- **Instructions for the task**:
For the material below, please count the lines containing "noticed". Reply with the count alone.

- **Supplied material**:
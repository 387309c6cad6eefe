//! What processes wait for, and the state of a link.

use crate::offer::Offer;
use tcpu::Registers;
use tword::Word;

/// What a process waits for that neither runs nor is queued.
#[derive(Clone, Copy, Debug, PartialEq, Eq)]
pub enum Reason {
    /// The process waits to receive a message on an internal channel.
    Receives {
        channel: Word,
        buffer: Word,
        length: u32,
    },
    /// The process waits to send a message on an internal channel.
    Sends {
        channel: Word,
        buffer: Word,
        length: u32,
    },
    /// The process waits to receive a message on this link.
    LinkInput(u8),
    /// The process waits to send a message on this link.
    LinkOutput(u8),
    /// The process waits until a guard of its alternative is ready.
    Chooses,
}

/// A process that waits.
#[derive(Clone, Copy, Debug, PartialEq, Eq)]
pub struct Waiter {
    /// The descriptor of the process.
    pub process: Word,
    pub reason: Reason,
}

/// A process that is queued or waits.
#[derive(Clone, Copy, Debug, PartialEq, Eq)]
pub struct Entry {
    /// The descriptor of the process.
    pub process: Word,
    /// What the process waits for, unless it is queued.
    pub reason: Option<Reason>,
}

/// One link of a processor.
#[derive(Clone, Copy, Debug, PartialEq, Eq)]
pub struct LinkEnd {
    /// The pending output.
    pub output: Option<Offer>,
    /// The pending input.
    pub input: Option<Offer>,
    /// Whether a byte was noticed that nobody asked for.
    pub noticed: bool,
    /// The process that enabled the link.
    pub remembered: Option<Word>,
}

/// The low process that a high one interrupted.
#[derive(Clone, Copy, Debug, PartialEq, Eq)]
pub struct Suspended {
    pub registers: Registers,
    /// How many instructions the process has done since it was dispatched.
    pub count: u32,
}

* * *

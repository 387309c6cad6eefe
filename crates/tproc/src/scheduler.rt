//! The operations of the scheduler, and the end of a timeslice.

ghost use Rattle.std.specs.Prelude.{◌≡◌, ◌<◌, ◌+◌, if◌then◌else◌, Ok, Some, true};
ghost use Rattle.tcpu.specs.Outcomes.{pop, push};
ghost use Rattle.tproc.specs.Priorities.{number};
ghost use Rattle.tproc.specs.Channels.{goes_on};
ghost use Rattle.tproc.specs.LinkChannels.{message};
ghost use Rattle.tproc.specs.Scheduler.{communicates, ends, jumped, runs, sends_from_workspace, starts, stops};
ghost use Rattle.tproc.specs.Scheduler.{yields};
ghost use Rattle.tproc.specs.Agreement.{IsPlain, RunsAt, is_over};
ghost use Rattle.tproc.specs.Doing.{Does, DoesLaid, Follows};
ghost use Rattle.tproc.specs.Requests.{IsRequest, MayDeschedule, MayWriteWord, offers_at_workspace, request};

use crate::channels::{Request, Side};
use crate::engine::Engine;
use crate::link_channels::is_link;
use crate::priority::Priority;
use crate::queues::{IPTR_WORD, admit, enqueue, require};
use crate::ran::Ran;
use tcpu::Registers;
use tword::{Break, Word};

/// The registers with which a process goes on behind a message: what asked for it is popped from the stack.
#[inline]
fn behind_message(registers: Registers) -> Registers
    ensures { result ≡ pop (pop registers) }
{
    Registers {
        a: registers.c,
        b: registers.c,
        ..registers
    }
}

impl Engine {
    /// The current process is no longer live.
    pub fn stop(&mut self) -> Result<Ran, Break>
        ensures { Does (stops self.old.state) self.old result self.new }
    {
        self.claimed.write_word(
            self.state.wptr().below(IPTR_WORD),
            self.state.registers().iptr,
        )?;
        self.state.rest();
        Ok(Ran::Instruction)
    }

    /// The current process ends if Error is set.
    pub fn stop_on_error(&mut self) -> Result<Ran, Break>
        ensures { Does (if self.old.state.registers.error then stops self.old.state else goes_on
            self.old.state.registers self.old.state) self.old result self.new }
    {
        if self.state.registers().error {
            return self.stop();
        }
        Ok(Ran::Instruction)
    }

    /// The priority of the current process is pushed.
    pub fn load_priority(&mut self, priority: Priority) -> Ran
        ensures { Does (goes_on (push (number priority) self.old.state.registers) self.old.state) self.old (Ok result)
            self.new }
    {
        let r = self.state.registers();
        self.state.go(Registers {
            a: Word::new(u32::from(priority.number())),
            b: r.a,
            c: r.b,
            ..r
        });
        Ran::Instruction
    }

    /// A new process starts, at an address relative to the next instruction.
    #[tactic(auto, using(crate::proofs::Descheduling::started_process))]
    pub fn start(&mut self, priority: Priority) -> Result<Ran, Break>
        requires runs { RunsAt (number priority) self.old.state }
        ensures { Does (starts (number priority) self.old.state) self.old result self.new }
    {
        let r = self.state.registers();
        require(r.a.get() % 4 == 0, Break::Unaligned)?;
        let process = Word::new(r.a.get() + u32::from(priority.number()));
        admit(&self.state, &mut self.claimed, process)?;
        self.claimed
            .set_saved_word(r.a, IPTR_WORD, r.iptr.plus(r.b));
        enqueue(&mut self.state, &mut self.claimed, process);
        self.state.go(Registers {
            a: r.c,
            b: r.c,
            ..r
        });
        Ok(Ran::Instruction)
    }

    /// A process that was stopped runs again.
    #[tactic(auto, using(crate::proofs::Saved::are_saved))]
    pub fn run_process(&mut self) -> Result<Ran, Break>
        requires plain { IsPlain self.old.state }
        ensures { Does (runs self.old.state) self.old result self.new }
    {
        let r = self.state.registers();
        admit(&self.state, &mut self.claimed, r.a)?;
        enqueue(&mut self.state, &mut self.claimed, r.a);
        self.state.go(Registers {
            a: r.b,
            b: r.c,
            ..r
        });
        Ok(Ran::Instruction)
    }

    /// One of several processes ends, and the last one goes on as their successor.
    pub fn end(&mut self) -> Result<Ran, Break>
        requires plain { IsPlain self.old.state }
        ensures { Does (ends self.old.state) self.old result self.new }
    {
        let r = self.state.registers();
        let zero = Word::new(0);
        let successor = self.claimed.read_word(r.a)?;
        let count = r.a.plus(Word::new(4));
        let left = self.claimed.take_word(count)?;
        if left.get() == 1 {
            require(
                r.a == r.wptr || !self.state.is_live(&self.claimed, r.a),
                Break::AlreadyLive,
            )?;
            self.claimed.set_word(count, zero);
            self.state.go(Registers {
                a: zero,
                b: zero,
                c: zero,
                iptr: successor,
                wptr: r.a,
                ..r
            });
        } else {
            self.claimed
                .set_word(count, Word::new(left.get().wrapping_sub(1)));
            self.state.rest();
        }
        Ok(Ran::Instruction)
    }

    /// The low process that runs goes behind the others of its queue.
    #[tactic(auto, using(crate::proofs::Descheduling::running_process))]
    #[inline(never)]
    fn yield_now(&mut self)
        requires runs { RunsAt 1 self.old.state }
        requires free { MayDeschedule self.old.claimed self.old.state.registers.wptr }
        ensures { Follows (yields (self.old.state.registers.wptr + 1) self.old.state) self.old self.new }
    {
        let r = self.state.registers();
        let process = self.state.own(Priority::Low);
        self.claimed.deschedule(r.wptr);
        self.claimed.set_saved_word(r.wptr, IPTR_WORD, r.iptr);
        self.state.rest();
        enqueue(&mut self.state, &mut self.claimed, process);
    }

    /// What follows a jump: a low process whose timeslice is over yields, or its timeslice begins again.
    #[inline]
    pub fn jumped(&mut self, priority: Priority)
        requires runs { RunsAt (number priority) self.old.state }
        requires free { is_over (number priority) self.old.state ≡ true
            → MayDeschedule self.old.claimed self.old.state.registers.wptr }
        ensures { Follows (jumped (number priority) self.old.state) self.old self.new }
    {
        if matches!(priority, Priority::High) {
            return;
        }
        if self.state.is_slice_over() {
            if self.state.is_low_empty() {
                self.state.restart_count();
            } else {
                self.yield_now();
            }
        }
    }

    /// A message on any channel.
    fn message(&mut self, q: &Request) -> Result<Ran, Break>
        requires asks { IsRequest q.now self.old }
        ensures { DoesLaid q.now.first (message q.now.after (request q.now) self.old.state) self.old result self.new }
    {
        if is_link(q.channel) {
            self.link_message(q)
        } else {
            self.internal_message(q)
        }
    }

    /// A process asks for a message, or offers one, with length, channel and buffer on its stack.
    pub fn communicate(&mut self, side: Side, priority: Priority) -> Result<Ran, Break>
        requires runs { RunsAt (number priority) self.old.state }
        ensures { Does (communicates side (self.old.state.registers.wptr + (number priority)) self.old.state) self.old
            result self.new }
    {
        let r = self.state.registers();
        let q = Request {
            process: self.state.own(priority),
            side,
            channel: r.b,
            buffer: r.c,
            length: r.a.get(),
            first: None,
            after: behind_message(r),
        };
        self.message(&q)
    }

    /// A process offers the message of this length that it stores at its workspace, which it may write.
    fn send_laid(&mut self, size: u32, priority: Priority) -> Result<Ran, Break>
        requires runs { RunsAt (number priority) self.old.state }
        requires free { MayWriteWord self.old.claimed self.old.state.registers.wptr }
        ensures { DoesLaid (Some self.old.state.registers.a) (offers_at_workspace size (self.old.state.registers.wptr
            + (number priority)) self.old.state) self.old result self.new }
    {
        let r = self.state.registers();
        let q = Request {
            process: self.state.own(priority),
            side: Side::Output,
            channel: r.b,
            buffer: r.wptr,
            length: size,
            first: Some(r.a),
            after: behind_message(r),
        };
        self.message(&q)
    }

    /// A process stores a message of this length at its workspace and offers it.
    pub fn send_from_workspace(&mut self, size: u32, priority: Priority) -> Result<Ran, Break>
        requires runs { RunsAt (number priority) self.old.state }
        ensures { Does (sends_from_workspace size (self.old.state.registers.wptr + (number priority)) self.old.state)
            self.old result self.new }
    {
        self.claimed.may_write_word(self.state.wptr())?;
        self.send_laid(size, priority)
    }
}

- **Solution to this task**:
2